**Records for this task**

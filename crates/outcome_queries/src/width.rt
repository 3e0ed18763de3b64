//! How many bytes of memory are looked at, where a text says so at its end.

ghost use Rattle.std.specs.Prelude.{◌≡◌, ◌++◌, ℕ, List, Some, None, IfSome, IfNone};
ghost use Rattle.watched_outcomes.specs.declared.watch.Width.{Width as AnyWidth};
ghost use Rattle.outcome_queries.specs.Widths.{width_text};

use watched_outcomes::Width;

/// The text before `:1`, `:2` or `:4` at its end, and what that says; the text where none of these is there.
pub(crate) fn split_width(text: &[u8]) -> (&[u8], Option<Width>)
    ensures whole { text.now ≡ result.0.now ++ width_text result.1 }
    ensures none { result.1 ≡ None
        → (before : List ℕ) (width : AnyWidth) → text.now ≡ before ++ width_text (Some width) → ⊥ }
{
    let Some(start) = text.len().checked_sub(2) else {
        return (text, None);
    };
    match width_of(&text[start..]) {
        Some(width) => (&text[..start], Some(width)),
        None => (text, None),
    }
}

fn width_of(text: &[u8]) -> Option<Width>
    ensures found { IfSome result (λ width. text.now ≡ width_text (Some width)) }
    ensures none { IfNone result ((width : AnyWidth) → text.now ≡ width_text (Some width) → ⊥) }
{
    if text == b":1".as_slice() {
        return Some(Width::Byte);
    }
    if text == b":2".as_slice() {
        return Some(Width::Half);
    }
    if text == b":4".as_slice() {
        return Some(Width::Word);
    }
    None
}
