use std::fmt;
use watched_outcomes::MOST_WATCHED;

/// What was expected where a text is refused.
#[derive(Clone, Copy, Debug, PartialEq, Eq, Drop)]
pub enum Expected {
    /// A register at a hart, or a place in memory.
    Watched,
    /// A term of a condition.
    Term,
    /// The end: no more are taken.
    End,
    /// A name that the image has.
    Name,
    /// A name that stands for one address.
    OneAddress,
    /// A place inside of the object that is named.
    Inside,
    /// The parenthesis that closes.
    Closing,
    /// Fewer terms of a condition.
    Terms,
    /// Fewer levels of `!` and parentheses.
    Levels,
}

impl fmt::Display for Expected {
    fn fmt<W: fmt::Write>(&self, f: &mut fmt::Formatter<W>) -> fmt::Result {
        match self {
            Expected::Watched => f.write_str("REGISTER@HART, NAME or ADDRESS:4"),
            Expected::Term => {
                f.write_str("hN=K, hN=stopped K, REGISTER@HART=K, NAME=K or ADDRESS:4=K")
            }
            Expected::End => write!(f, "no more than {MOST_WATCHED}"),
            Expected::Name => f.write_str("a name that the image has"),
            Expected::OneAddress => f.write_str("a name with one address"),
            Expected::Inside => f.write_str("a place inside of its object"),
            Expected::Closing => f.write_str("a closing parenthesis at its end"),
            Expected::Terms => f.write_str("no more than 32 terms"),
            Expected::Levels => f.write_str("no more than 16 levels of ! and parentheses"),
        }
    }
}

/// Why a text is refused: the column at which its first wrong part begins, from 1, and what was expected
/// there.
#[derive(Clone, Copy, Debug, PartialEq, Eq, Drop)]
pub struct QueryRefused {
    pub column: usize,
    pub expected: Expected,
}

/// Why there is no condition.
#[derive(Clone, Copy, Debug, PartialEq, Eq, Drop)]
pub enum ConditionRefused {
    /// The text is none.
    Text(QueryRefused),
    /// There isn't enough memory.
    Memory,
}
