//! What is watched for a list and a condition.

ghost use Rattle.std.specs.Prelude.{◌≡◌, ◌≤◌, ◌∷◌, ◌++◌, [], true, false, length, All, IfSome, IfNone};
ghost use Rattle.outcome_queries.specs.Watches.{registers_in, words_in, asked_of, asked_in, memory_asked};
ghost use Rattle.outcome_queries.specs.Watches.{registers_asked};
ghost use Rattle.outcome_queries.specs.Watches.{Extends, IsOnceBehind, IsWatchedFor, IsWatchedIn, LacksRoom};

use crate::list::WatchList;
use crate::term::Term;
use crate::watched::{Asked, Watched};
use arrayvec::ArrayVec;
use watched_outcomes::{MOST_WATCHED, Watch, WatchedBytes, WatchedRegister};

/// What a list names and behind it what the terms of a condition name, each once, where it is named first; none
/// where that is more than can be watched.
pub fn with_terms<'a>(list: &[Asked<'a>], terms: &[Term<'a>]) -> Option<WatchList<'a>>
    ensures once { IfSome result
        (λ all. IsOnceBehind [] (list.now ++ asked_in terms.now) all.items) }
    ensures watched { IfSome result (λ all. All (IsWatchedFor all.items) terms.now) }
    ensures none { IfNone result (LacksRoom [] (list.now ++ asked_in terms.now)) }
{
    let mut all = WatchList::new();
    for asked in list {
        if !add(&mut all, *asked) {
            return None;
        }
    }
    for term in terms {
        if !add_term(&mut all, *term) {
            return None;
        }
    }
    Some(all)
}

/// Adds what a term names, unless it is there. Answers whether there was room.
fn add_term<'a>(all: &mut WatchList<'a>, term: Term<'a>) -> bool
    ensures extends { Extends all.old.items all.new.items }
    ensures once { result ≡ true → IsOnceBehind all.old.items (asked_of term.entry) all.new.items }
    ensures watched { result ≡ true → IsWatchedFor all.new.items term.entry }
    ensures full { result ≡ false → LacksRoom all.old.items (asked_of term.entry) }
{
    match term {
        Term::Holds { asked, .. } => add(all, asked),
        Term::Ended { .. } | Term::Stopped { .. } | Term::Put { .. } => true,
    }
}

/// Adds what is asked for, unless it is watched already. Answers whether there was room.
fn add<'a>(all: &mut WatchList<'a>, asked: Asked<'a>) -> bool
    ensures extends { Extends all.old.items all.new.items }
    ensures once { result ≡ true → IsOnceBehind all.old.items (asked.entry ∷ []) all.new.items }
    ensures contained { result ≡ true → IsWatchedIn all.new.items asked.entry.watched }
    ensures full { result ≡ false → LacksRoom all.old.items (asked.entry ∷ []) }
{
    if is_watched(all.as_slice(), asked.watched) {
        return true;
    }
    if all.is_full() {
        return false;
    }
    all.push(asked);
    true
}

/// Whether something is asked for in a list.
fn is_watched(list: &[Asked<'_>], watched: Watched) -> bool
    ensures yes { result ≡ true → IsWatchedIn list.now watched }
    ensures no { result ≡ false → IsWatchedIn list.now watched → ⊥ }
{
    list.iter().any(|asked| asked.watched == watched)
}

/// What a list asks for, apart: the registers, and the bytes of memory, each in the list's order. So they stand in a
/// line.
#[derive(Drop)]
pub struct Columns<'a> {
    pub registers: WatchList<'a>,
    pub words: WatchList<'a>,
}

/// The columns of a list.
pub fn columns_of<'a>(list: &[Asked<'a>]) -> Columns<'a>
    requires { length list.now ≤ 64 }
    ensures registers { result.registers.items ≡ registers_asked list.now }
    ensures words { result.words.items ≡ memory_asked list.now }
{
    let mut registers = WatchList::new();
    let mut words = WatchList::new();
    for asked in list {
        match asked.watched {
            Watched::Register { .. } => registers.push(*asked),
            Watched::Bytes(_) => words.push(*asked),
        }
    }
    Columns { registers, words }
}

/// The registers and the bytes of memory of a list, each in its order.
pub fn watch_of(list: &[Asked<'_>]) -> Watch
    requires { length list.now ≤ 64 }
    ensures registers { result.registers.items ≡ registers_in list.now }
    ensures words { result.words.items ≡ words_in list.now }
{
    let mut registers = ArrayVec::<WatchedRegister, MOST_WATCHED>::new();
    let mut words = ArrayVec::<WatchedBytes, MOST_WATCHED>::new();
    for asked in list {
        match asked.watched {
            Watched::Register { hart, register } => {
                registers.push(WatchedRegister { hart, register });
            }
            Watched::Bytes(bytes) => words.push(bytes),
        }
    }
    Watch { registers, words }
}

**Try it**
Some lines in the material contain "IsWatchedIn". Show all of them.

**Result below**
ghost use Rattle.outcome_queries.specs.Watches.{Extends, IsOnceBehind, IsWatchedFor, IsWatchedIn, LacksRoom};
    ensures contained { result ≡ true → IsWatchedIn all.new.items asked.entry.watched }
    ensures yes { result ≡ true → IsWatchedIn list.now watched }
    ensures no { result ≡ false → IsWatchedIn list.now watched → ⊥ }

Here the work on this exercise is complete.